(Dataset entries)
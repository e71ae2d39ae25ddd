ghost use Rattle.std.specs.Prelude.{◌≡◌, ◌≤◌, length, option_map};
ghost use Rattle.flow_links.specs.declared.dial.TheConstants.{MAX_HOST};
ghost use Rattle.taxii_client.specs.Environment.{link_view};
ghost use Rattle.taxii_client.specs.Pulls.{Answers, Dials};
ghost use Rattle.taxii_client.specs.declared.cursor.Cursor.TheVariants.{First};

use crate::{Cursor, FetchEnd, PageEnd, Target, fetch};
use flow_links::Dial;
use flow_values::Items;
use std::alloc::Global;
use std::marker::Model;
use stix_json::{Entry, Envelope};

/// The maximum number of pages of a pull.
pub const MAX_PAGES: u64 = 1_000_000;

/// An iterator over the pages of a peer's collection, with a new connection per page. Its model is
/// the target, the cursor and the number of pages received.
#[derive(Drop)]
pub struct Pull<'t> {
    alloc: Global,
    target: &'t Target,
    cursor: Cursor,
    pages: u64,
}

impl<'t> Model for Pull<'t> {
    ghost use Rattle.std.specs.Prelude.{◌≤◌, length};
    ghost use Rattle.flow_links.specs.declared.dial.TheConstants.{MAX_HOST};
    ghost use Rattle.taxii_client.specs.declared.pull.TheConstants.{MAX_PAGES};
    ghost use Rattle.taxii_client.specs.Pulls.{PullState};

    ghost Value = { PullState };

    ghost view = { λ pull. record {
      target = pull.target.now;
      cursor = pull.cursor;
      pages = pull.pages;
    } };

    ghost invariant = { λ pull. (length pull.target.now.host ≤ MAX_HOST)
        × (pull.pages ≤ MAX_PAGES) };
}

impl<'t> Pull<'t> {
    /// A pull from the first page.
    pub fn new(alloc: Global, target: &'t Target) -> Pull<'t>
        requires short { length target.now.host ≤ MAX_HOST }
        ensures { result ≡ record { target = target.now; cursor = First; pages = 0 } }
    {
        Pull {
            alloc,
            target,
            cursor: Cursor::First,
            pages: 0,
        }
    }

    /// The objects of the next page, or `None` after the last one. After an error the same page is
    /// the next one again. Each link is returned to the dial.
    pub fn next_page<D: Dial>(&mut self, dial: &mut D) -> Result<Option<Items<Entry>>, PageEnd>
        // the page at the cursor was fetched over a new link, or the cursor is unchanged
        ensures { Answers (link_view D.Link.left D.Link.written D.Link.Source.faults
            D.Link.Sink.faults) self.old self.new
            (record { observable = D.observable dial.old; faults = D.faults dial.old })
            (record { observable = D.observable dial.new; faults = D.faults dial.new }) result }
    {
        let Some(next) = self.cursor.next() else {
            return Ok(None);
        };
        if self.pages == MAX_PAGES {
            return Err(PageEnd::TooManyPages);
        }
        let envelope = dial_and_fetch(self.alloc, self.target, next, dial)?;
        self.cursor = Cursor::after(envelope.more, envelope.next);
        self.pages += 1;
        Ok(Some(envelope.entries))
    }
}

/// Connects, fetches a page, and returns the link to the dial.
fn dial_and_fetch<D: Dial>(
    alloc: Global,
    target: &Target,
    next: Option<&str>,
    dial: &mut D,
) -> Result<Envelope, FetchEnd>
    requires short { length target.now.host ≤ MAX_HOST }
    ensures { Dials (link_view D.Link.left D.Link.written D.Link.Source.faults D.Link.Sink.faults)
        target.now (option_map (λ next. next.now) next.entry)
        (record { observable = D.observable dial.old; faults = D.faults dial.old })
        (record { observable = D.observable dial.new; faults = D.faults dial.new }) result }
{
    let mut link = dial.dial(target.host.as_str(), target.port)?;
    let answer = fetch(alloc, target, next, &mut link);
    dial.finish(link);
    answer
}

* * *

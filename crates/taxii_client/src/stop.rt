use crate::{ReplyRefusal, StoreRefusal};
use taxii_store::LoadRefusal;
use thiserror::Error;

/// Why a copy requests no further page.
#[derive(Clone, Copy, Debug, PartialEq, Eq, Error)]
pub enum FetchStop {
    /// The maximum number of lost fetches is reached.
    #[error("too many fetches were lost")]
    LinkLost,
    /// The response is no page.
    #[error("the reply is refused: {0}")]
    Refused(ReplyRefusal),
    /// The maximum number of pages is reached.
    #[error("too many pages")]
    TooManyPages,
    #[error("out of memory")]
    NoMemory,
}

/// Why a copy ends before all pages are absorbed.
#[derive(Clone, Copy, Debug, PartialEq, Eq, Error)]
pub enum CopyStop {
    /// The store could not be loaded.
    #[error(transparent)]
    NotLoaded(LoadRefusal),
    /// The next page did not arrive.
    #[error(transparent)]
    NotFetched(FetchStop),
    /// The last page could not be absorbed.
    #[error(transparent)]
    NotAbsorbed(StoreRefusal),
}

» **Problem requirements**
Each line that includes the string "Sink" should be copied from the data.

» **Written reply**
            D.Link.Sink.faults) self.old self.new
    ensures { Dials (link_view D.Link.left D.Link.written D.Link.Source.faults D.Link.Sink.faults)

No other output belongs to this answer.